§ Records to process
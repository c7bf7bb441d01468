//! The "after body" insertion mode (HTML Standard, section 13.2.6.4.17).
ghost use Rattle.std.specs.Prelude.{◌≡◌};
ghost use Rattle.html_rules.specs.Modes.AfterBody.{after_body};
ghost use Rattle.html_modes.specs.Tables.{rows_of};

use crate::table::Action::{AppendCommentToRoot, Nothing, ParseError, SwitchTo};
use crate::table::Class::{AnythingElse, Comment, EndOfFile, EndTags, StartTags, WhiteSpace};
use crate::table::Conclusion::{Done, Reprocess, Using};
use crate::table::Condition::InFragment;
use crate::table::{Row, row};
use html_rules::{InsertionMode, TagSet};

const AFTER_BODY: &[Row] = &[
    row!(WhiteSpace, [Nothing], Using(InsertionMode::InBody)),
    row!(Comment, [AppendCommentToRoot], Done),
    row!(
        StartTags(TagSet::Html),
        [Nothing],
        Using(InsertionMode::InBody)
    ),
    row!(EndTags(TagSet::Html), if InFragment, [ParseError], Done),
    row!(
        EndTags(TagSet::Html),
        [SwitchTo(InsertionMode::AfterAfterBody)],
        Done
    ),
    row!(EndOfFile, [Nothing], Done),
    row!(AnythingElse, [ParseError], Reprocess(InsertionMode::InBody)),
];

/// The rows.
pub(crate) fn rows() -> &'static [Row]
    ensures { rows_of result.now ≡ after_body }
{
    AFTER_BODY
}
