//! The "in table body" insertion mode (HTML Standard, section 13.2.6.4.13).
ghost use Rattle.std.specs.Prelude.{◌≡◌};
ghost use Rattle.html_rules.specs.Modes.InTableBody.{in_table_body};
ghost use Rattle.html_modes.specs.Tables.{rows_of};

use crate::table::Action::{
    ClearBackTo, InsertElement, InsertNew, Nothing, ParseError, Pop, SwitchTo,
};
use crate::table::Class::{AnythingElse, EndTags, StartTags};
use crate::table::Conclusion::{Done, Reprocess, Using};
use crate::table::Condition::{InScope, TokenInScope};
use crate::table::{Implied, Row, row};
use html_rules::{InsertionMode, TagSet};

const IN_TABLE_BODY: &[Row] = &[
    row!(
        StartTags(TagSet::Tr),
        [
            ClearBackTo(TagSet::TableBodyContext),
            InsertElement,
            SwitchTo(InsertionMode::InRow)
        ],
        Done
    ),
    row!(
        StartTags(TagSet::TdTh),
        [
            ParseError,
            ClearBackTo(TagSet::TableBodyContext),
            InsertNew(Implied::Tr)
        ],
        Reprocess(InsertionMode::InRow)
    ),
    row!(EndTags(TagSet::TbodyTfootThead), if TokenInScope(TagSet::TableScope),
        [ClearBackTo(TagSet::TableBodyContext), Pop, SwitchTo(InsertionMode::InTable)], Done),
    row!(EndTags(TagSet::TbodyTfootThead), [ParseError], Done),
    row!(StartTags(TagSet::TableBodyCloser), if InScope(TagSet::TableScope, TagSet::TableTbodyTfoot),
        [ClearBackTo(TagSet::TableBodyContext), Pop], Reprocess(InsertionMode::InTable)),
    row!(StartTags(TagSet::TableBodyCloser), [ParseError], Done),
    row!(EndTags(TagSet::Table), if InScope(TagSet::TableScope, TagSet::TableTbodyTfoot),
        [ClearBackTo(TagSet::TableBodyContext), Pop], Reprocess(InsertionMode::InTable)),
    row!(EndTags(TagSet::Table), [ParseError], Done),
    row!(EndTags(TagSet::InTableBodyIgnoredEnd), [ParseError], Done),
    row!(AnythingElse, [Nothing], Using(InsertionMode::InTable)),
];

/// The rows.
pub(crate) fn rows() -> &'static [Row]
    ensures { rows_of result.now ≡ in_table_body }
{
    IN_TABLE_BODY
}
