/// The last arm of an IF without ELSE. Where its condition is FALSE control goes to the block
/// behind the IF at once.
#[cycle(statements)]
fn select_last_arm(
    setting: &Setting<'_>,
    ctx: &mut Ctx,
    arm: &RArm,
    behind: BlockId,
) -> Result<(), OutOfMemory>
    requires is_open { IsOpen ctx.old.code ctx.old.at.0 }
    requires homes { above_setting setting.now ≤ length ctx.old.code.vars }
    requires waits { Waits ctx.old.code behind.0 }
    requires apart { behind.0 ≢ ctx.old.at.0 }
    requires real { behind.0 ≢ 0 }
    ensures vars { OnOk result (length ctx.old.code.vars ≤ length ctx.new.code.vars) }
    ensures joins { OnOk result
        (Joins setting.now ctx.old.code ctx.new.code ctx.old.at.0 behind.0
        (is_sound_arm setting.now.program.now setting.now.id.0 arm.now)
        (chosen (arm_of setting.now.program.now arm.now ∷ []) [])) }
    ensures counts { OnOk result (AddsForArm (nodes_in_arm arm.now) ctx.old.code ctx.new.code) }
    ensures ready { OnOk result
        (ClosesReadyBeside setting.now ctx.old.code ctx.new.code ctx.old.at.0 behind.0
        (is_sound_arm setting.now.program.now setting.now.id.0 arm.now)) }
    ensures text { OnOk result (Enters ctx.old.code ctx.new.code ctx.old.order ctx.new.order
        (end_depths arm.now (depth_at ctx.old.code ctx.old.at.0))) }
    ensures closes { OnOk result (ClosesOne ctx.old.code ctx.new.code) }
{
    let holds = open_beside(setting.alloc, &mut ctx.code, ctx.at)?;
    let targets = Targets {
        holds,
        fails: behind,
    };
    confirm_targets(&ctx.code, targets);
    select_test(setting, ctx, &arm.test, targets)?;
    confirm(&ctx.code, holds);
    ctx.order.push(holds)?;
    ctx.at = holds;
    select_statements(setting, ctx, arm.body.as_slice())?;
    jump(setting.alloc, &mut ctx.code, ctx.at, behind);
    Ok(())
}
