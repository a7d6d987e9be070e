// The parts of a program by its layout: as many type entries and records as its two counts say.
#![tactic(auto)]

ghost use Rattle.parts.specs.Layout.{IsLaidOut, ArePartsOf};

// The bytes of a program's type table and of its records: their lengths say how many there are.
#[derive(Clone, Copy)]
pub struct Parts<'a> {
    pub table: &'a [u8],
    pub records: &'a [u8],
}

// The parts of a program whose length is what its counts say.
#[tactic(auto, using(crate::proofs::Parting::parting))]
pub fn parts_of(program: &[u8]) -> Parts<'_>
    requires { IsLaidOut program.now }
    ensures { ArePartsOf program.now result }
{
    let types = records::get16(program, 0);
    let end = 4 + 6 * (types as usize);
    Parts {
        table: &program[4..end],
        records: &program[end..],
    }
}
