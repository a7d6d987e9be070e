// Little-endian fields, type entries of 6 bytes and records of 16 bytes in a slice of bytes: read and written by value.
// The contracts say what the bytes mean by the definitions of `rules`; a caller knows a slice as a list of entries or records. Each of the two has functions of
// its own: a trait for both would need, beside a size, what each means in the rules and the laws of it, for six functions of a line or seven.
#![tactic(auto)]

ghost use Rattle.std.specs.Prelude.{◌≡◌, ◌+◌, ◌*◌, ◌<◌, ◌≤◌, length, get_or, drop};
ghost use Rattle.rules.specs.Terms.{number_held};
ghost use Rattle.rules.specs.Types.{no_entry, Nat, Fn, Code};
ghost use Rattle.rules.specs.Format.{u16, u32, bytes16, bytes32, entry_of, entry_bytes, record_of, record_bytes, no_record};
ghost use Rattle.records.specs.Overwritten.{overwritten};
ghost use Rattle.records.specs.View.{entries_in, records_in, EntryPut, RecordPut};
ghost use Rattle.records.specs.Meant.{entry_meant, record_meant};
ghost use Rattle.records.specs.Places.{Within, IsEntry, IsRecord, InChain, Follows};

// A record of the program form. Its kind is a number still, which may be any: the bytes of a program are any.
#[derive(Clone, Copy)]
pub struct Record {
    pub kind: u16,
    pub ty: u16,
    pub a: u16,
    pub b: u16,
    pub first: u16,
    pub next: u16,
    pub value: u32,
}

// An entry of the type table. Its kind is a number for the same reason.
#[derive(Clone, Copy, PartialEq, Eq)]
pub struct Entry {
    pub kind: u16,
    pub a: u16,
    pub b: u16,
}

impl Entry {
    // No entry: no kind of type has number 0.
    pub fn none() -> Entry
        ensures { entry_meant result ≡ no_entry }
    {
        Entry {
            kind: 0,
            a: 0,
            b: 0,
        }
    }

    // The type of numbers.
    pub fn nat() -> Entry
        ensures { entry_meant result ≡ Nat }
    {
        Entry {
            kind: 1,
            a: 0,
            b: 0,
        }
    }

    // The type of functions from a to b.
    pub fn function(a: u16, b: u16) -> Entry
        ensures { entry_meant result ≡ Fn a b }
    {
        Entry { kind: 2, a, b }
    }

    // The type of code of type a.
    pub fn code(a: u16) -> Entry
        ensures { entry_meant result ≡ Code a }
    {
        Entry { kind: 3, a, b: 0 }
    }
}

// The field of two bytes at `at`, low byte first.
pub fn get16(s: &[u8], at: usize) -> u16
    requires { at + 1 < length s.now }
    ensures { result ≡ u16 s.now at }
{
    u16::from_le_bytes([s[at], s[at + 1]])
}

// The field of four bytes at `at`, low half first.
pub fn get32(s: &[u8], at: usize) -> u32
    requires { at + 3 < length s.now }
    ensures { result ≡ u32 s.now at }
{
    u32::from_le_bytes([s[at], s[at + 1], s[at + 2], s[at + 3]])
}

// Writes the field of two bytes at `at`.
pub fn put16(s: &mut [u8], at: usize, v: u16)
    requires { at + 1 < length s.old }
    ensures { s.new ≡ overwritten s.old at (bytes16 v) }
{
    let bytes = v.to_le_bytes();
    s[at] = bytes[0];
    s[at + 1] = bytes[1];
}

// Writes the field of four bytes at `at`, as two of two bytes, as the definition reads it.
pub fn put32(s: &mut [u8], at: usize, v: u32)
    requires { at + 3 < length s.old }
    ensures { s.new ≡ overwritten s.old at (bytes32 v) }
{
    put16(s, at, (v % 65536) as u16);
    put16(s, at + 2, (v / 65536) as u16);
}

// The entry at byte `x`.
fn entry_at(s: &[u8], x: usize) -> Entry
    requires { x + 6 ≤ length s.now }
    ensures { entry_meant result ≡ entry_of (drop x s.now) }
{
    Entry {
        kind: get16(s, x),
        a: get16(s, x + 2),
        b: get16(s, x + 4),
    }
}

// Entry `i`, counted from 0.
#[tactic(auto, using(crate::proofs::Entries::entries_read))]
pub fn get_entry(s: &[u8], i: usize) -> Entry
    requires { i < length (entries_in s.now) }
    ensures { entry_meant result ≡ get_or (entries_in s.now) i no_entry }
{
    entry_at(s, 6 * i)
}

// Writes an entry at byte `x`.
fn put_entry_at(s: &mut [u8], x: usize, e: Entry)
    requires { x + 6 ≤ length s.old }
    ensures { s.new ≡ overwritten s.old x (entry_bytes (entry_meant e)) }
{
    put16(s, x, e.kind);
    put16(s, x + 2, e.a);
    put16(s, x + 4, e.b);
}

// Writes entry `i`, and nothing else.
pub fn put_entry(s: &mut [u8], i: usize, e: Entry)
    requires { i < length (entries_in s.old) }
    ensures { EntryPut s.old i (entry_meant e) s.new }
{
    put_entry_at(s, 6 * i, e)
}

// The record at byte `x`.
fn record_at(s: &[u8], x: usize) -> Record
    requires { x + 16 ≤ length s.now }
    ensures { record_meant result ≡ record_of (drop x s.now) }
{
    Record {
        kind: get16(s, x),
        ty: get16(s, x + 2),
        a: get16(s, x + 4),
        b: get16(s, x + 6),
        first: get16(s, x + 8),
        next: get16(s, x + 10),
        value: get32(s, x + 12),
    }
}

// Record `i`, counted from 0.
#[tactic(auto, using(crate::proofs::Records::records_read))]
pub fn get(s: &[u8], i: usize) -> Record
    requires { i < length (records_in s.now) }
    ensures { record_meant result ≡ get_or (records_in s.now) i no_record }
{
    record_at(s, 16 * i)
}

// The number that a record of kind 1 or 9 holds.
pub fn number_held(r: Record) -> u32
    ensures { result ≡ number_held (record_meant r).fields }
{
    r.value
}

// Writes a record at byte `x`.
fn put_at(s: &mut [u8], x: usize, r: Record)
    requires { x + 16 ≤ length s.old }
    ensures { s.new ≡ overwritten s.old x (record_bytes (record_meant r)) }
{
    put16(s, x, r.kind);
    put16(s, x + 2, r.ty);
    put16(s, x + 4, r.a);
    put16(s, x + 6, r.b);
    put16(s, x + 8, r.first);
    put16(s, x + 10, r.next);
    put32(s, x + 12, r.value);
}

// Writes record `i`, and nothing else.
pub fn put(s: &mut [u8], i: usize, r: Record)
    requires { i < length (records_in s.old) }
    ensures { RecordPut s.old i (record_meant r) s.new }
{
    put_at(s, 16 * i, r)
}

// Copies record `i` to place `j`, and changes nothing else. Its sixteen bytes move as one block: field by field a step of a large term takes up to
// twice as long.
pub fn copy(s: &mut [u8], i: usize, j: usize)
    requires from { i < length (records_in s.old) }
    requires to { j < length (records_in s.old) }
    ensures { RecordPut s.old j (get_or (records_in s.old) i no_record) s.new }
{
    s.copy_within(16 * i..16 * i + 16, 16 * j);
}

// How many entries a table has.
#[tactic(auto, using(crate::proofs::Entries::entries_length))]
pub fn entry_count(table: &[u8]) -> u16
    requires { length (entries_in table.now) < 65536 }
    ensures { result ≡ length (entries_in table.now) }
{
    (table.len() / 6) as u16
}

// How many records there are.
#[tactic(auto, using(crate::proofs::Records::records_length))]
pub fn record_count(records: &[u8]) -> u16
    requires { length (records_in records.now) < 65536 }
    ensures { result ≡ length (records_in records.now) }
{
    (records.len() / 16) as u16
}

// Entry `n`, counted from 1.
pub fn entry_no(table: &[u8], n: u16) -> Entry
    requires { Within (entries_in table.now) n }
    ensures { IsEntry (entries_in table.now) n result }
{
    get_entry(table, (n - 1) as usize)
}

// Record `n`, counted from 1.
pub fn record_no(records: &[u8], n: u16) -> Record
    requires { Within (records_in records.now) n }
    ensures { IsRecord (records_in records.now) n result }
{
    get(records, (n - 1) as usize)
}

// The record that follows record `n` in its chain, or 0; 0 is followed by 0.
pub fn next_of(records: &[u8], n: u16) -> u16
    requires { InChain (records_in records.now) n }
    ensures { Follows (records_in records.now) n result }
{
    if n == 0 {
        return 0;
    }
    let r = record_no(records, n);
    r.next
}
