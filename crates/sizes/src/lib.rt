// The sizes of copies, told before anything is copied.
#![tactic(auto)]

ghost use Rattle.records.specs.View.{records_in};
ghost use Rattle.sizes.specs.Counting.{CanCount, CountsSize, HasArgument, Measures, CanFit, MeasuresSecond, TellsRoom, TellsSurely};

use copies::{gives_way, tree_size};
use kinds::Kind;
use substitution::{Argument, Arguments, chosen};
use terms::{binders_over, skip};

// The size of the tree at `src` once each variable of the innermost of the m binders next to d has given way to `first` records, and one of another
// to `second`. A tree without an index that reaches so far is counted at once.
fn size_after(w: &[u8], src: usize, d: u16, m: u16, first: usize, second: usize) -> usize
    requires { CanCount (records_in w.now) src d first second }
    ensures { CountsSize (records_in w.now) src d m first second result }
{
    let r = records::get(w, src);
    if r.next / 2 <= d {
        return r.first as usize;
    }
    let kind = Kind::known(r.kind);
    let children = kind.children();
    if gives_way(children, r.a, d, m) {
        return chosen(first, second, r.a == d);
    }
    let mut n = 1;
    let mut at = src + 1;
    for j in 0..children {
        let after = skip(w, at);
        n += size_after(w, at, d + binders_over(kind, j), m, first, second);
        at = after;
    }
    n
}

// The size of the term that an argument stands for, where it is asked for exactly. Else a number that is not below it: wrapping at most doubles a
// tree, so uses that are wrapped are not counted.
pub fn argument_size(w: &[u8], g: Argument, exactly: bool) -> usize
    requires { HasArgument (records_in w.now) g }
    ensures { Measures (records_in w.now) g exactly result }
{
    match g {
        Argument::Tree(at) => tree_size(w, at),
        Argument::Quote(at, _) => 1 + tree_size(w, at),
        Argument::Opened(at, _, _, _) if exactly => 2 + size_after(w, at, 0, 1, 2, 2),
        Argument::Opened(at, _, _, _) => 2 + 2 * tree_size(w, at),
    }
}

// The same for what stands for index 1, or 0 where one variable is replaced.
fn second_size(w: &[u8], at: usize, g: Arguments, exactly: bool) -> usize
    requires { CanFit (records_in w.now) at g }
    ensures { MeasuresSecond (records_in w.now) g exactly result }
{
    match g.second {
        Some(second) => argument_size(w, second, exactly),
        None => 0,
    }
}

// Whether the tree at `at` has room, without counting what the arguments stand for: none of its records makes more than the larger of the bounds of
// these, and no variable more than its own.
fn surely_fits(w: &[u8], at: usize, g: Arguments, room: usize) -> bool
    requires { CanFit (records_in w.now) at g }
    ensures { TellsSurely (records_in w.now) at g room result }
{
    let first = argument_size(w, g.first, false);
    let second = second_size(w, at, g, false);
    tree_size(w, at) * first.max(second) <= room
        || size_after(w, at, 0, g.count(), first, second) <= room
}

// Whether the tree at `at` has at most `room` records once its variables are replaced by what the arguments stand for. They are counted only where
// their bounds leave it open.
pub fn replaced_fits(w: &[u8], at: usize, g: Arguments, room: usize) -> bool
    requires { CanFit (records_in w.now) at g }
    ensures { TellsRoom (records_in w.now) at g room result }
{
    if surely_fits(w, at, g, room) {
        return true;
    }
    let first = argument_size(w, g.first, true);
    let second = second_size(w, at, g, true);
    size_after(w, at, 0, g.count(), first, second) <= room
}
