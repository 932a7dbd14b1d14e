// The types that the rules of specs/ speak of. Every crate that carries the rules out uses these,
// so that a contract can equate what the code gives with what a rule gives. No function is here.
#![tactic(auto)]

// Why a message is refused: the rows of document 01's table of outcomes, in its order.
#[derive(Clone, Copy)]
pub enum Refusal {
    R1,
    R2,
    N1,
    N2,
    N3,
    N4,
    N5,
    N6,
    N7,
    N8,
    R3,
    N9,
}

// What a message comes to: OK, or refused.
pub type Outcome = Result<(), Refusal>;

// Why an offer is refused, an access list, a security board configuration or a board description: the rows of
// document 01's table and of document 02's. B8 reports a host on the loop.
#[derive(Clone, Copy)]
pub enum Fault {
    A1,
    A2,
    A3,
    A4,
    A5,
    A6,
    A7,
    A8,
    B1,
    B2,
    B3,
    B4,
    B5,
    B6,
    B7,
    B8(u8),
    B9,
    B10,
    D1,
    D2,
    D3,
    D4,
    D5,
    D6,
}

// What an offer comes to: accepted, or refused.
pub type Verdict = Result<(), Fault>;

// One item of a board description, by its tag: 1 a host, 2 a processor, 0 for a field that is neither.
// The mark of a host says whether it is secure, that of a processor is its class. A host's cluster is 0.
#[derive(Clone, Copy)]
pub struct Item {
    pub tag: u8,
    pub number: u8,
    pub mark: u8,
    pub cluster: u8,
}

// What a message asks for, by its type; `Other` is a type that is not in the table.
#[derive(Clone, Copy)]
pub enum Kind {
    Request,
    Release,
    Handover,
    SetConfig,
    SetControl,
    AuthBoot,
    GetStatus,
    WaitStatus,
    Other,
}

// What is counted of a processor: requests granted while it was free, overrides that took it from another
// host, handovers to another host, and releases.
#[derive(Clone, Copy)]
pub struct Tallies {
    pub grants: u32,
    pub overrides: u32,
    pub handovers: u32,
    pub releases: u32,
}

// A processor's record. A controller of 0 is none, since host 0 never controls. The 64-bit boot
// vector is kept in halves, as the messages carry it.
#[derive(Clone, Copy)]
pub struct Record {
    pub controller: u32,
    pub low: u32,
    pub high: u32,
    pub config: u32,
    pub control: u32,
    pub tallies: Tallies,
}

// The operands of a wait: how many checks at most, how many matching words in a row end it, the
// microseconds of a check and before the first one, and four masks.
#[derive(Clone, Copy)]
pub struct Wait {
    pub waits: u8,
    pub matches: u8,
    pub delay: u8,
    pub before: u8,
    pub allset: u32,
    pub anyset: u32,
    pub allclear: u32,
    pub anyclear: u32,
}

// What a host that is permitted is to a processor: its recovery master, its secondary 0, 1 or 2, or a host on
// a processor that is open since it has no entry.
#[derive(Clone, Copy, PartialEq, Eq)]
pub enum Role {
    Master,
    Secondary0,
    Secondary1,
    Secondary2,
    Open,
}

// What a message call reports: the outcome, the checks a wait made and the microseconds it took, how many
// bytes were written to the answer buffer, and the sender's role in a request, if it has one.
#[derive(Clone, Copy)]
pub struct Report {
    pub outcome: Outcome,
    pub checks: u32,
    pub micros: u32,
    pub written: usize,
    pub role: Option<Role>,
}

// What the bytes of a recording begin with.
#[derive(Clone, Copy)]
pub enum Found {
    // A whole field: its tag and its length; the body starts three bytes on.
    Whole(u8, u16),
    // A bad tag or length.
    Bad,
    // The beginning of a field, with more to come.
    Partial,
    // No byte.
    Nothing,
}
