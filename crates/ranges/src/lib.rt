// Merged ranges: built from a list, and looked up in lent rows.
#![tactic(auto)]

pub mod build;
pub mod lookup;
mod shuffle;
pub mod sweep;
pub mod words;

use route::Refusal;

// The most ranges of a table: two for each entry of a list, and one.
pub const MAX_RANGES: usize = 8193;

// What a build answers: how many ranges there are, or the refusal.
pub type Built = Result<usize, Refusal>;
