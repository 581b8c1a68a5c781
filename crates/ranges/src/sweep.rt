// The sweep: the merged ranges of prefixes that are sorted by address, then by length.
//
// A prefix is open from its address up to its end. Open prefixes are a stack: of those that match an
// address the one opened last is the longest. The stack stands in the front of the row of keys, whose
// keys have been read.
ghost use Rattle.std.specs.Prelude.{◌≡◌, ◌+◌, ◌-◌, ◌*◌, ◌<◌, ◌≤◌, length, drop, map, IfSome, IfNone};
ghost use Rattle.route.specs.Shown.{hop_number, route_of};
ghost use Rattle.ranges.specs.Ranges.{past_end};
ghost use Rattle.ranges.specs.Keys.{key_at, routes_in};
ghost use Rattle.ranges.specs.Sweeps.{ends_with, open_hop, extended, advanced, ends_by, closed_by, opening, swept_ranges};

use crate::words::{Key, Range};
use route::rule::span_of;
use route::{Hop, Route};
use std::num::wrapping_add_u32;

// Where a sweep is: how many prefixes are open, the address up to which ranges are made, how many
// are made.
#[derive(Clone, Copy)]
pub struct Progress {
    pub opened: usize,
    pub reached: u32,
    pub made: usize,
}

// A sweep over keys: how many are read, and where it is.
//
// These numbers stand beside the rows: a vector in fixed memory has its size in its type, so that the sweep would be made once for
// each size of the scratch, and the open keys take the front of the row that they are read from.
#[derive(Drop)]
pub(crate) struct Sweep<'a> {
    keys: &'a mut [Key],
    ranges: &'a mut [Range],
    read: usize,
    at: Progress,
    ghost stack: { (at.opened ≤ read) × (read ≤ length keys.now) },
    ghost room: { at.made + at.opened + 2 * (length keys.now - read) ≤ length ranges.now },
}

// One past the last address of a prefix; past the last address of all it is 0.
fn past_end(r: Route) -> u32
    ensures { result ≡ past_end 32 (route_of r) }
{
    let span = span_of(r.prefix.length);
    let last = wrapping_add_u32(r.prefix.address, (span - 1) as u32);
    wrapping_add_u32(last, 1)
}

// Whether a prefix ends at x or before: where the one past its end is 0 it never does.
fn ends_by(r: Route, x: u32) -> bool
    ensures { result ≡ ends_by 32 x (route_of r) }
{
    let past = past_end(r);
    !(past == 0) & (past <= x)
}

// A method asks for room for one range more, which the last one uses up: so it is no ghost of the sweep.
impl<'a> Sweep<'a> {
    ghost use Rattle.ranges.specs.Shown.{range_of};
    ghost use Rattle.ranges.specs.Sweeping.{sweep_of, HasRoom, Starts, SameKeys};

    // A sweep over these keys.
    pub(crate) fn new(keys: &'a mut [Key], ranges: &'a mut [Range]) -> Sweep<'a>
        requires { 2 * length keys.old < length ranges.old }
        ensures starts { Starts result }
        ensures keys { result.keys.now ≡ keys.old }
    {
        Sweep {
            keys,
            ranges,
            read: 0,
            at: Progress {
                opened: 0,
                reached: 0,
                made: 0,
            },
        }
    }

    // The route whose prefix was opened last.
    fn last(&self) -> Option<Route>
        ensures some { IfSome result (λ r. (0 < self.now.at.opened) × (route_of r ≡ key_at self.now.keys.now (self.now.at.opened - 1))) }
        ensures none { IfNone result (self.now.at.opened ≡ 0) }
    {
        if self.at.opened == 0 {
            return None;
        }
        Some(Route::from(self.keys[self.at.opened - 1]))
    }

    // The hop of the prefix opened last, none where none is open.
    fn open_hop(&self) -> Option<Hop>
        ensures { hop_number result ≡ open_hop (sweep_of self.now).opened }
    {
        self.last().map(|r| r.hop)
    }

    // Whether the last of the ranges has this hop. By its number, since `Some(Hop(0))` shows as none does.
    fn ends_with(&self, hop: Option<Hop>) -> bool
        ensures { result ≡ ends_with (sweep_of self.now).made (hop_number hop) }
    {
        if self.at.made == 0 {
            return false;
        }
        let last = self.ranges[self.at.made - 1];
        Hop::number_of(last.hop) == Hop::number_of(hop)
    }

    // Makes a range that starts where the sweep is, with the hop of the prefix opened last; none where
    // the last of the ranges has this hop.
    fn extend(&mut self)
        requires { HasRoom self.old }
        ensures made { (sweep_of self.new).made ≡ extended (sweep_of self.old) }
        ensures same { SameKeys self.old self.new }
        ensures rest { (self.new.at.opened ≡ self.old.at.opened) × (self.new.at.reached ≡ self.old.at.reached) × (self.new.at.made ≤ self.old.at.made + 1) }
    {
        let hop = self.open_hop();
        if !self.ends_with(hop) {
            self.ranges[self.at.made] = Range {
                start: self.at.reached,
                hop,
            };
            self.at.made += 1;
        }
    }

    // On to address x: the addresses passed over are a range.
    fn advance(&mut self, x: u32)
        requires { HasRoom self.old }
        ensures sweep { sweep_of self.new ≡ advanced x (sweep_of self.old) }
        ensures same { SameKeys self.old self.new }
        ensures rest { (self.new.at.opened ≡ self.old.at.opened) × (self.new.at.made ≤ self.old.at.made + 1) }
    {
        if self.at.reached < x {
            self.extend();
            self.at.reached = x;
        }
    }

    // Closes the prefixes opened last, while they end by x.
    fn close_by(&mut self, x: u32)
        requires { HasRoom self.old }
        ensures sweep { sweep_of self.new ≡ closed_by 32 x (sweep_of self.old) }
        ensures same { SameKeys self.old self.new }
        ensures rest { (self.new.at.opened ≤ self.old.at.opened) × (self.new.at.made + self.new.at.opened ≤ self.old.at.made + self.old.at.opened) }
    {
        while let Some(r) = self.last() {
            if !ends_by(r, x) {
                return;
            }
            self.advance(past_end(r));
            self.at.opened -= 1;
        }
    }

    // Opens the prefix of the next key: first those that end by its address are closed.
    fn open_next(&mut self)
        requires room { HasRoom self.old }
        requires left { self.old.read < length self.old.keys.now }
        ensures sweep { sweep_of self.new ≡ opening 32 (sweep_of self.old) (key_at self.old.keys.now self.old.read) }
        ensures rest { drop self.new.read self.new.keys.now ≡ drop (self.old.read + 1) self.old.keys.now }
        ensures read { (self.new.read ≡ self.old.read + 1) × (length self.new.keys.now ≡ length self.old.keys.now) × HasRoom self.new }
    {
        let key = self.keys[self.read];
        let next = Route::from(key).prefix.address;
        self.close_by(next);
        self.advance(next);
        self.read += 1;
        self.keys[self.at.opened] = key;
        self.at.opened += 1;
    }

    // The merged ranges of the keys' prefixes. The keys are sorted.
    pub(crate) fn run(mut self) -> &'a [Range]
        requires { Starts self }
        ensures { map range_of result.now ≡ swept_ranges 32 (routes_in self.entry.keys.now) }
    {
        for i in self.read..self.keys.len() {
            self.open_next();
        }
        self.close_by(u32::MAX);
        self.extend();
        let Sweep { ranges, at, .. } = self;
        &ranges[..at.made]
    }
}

§ What the exercise asks
Look above for the line holding "(self.new.at.opened ≤ self.old.at.opened)". Print it and every line after it, exactly, through the line holding "drop self.new.read self.new.keys.now".

§ Task output
        ensures rest { (self.new.at.opened ≤ self.old.at.opened) × (self.new.at.made + self.new.at.opened ≤ self.old.at.made + self.old.at.opened) }
    {
        while let Some(r) = self.last() {
            if !ends_by(r, x) {
                return;
            }
            self.advance(past_end(r));
            self.at.opened -= 1;
        }
    }

    // Opens the prefix of the next key: first those that end by its address are closed.
    fn open_next(&mut self)
        requires room { HasRoom self.old }
        requires left { self.old.read < length self.old.keys.now }
        ensures sweep { sweep_of self.new ≡ opening 32 (sweep_of self.old) (key_at self.old.keys.now self.old.read) }
        ensures rest { drop self.new.read self.new.keys.now ≡ drop (self.old.read + 1) self.old.keys.now }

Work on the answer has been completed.